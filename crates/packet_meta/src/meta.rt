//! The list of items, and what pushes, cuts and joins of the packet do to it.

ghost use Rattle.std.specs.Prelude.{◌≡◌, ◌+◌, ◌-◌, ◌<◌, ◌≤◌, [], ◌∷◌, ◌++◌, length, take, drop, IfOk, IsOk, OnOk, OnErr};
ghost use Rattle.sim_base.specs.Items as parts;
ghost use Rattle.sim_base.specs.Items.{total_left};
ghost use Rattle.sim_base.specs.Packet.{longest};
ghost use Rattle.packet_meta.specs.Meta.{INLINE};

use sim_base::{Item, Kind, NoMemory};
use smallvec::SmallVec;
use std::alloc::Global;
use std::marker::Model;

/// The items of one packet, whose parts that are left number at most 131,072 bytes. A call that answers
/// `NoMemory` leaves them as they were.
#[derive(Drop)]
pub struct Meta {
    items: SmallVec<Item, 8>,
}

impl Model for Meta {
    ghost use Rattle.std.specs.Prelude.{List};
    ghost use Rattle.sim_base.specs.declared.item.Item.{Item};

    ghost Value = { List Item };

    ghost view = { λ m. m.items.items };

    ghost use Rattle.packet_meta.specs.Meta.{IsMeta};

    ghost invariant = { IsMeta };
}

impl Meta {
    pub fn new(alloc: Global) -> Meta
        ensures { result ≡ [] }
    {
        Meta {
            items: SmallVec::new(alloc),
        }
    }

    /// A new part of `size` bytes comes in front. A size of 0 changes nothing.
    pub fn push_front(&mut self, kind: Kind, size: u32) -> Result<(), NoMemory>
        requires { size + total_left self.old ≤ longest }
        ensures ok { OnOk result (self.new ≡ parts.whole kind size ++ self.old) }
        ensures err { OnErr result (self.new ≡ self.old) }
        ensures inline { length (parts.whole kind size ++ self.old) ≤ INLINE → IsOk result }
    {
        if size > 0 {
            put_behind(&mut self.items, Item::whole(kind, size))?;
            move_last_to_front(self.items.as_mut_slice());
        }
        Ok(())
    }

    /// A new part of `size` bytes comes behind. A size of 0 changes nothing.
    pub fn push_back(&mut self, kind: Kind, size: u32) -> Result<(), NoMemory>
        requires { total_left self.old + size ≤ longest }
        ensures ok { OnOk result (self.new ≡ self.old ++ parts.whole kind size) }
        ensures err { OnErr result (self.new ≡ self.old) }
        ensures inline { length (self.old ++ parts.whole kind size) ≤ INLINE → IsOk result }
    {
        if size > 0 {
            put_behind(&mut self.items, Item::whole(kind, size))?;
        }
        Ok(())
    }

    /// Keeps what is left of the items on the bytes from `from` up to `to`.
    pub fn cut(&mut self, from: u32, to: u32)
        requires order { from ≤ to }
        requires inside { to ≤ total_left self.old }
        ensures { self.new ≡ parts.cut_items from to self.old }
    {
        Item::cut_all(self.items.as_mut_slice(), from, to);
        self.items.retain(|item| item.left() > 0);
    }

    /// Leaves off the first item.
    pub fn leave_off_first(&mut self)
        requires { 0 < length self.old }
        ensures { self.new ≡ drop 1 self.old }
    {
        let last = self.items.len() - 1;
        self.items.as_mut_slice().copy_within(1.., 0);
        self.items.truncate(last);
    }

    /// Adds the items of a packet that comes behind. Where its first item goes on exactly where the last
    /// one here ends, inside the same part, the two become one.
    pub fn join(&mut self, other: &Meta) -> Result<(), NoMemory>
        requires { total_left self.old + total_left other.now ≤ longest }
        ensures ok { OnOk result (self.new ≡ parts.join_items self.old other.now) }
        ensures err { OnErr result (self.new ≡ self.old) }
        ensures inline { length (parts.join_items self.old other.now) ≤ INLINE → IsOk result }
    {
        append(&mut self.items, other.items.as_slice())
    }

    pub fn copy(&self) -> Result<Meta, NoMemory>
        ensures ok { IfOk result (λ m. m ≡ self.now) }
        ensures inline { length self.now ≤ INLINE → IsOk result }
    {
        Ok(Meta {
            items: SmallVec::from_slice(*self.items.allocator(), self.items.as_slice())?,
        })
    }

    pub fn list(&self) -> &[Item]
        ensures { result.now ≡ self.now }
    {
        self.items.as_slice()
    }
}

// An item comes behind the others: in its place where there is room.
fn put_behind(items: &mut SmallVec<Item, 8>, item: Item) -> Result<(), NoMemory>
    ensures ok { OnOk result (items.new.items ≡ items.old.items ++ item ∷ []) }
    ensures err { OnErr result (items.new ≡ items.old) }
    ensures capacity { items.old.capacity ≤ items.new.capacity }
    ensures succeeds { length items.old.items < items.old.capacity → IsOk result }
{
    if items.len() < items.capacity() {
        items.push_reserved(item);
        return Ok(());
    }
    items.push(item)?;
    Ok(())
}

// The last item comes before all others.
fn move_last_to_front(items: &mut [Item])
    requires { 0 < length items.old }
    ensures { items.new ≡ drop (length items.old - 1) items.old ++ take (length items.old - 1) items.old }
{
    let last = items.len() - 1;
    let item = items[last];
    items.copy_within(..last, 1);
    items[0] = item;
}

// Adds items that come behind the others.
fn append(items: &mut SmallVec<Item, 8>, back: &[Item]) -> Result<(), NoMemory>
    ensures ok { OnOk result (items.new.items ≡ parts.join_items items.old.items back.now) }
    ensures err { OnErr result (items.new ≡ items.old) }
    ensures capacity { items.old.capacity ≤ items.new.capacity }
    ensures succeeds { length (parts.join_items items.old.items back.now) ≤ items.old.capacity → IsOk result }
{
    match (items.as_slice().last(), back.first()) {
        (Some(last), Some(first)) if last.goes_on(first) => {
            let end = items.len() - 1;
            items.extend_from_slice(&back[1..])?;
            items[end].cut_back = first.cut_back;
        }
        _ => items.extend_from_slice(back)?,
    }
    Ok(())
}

+ + + +

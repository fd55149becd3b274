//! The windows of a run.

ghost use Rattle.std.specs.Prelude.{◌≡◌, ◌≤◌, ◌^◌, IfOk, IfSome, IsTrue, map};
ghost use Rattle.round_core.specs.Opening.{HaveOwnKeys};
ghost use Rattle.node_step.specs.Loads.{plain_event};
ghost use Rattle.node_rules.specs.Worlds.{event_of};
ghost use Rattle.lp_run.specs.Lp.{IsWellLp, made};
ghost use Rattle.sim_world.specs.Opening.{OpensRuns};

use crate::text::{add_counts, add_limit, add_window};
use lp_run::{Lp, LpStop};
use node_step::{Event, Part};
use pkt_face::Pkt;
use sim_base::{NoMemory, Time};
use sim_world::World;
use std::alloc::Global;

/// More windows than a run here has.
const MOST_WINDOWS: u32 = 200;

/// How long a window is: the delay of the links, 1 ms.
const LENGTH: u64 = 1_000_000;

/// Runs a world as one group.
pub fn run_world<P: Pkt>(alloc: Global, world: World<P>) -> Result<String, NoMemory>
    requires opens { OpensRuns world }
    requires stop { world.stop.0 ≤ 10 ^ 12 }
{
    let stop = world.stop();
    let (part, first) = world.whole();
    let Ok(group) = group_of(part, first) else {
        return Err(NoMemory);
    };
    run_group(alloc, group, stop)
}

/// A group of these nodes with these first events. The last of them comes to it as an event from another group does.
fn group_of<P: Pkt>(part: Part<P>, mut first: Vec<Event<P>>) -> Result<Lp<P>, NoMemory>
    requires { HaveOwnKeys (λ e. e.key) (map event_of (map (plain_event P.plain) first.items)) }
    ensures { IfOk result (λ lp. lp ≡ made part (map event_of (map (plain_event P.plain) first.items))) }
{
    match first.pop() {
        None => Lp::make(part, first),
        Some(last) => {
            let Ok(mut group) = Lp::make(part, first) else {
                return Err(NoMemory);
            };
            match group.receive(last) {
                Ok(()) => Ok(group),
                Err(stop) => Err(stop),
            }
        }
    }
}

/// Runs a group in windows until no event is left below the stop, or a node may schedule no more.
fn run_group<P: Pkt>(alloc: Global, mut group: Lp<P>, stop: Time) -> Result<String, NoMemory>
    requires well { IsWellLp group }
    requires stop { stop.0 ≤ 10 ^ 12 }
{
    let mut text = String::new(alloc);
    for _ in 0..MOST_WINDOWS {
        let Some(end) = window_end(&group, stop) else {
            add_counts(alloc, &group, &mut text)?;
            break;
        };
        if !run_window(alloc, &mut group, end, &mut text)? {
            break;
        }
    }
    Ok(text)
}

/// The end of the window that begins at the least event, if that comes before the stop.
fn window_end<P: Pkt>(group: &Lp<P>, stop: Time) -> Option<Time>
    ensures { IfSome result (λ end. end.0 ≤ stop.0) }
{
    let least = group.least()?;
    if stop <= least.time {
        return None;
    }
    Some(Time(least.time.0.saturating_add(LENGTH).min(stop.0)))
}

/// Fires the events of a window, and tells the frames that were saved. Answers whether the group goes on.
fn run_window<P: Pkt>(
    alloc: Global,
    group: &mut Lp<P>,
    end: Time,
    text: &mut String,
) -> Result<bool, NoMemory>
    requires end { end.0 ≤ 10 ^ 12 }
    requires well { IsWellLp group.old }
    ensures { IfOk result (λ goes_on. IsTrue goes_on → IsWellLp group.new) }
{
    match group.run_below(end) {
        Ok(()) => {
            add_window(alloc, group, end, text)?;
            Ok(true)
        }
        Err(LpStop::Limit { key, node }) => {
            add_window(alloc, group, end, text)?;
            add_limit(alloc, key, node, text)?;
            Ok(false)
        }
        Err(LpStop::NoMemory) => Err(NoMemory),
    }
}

+ + + +

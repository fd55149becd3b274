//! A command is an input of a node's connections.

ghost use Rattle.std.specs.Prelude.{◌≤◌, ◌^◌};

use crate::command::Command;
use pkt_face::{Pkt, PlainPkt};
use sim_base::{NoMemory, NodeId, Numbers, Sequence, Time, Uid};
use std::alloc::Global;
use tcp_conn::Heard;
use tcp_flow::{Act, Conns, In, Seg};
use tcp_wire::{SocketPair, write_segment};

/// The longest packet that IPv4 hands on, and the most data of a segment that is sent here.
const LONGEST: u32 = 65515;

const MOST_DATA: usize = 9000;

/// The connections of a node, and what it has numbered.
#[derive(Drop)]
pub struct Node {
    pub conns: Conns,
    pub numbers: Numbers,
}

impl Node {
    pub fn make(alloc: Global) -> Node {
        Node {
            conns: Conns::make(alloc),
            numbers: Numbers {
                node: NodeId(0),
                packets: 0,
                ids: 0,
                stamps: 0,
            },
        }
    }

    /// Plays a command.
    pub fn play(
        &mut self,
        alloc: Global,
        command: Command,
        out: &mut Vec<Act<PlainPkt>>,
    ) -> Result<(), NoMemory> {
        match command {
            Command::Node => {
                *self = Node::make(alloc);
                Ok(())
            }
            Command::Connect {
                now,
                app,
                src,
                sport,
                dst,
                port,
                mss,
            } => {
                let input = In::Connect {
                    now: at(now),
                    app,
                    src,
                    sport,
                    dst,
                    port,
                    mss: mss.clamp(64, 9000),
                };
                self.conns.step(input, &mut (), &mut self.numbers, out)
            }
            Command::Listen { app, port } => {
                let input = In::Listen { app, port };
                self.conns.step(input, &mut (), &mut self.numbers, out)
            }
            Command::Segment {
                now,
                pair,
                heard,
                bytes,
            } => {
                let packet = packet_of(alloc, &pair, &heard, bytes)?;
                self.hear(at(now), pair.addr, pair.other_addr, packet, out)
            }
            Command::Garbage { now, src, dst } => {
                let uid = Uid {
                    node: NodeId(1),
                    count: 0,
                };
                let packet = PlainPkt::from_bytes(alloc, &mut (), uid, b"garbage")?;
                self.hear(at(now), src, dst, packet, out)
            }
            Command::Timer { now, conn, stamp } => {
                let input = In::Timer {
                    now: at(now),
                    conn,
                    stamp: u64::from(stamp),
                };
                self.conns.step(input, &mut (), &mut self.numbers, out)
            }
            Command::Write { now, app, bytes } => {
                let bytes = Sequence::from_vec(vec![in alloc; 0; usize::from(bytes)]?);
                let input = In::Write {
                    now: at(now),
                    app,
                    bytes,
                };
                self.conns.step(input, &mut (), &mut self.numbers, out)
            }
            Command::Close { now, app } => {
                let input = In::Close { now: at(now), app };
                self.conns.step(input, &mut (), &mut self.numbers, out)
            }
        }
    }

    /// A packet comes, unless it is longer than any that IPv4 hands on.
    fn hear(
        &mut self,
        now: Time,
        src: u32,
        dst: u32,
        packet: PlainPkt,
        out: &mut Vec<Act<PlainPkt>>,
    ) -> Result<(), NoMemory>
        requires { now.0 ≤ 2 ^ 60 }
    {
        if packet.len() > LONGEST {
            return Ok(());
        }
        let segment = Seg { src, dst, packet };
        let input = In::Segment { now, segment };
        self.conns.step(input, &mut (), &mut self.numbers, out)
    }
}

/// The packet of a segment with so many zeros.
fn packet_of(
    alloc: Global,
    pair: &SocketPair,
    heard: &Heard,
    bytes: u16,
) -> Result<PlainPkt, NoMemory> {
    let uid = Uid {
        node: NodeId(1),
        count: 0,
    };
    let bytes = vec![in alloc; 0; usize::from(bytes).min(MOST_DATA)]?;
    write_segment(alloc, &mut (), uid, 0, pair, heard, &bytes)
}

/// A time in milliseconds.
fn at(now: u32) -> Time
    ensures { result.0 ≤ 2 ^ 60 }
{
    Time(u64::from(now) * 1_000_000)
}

+ + + +

- Directions for this task
Could you set down, word for word, only the lines above from the line with "filename crates/packet_meta/src/meta.rt" to the line with "use std::marker::Model;", including both?

- Exercise response
filename crates/packet_meta/src/meta.rt
//! The list of items, and what pushes, cuts and joins of the packet do to it.

ghost use Rattle.std.specs.Prelude.{◌≡◌, ◌+◌, ◌-◌, ◌<◌, ◌≤◌, [], ◌∷◌, ◌++◌, length, take, drop, IfOk, IsOk, OnOk, OnErr};
ghost use Rattle.sim_base.specs.Items as parts;
ghost use Rattle.sim_base.specs.Items.{total_left};
ghost use Rattle.sim_base.specs.Packet.{longest};
ghost use Rattle.packet_meta.specs.Meta.{INLINE};

use sim_base::{Item, Kind, NoMemory};
use smallvec::SmallVec;
use std::alloc::Global;
use std::marker::Model;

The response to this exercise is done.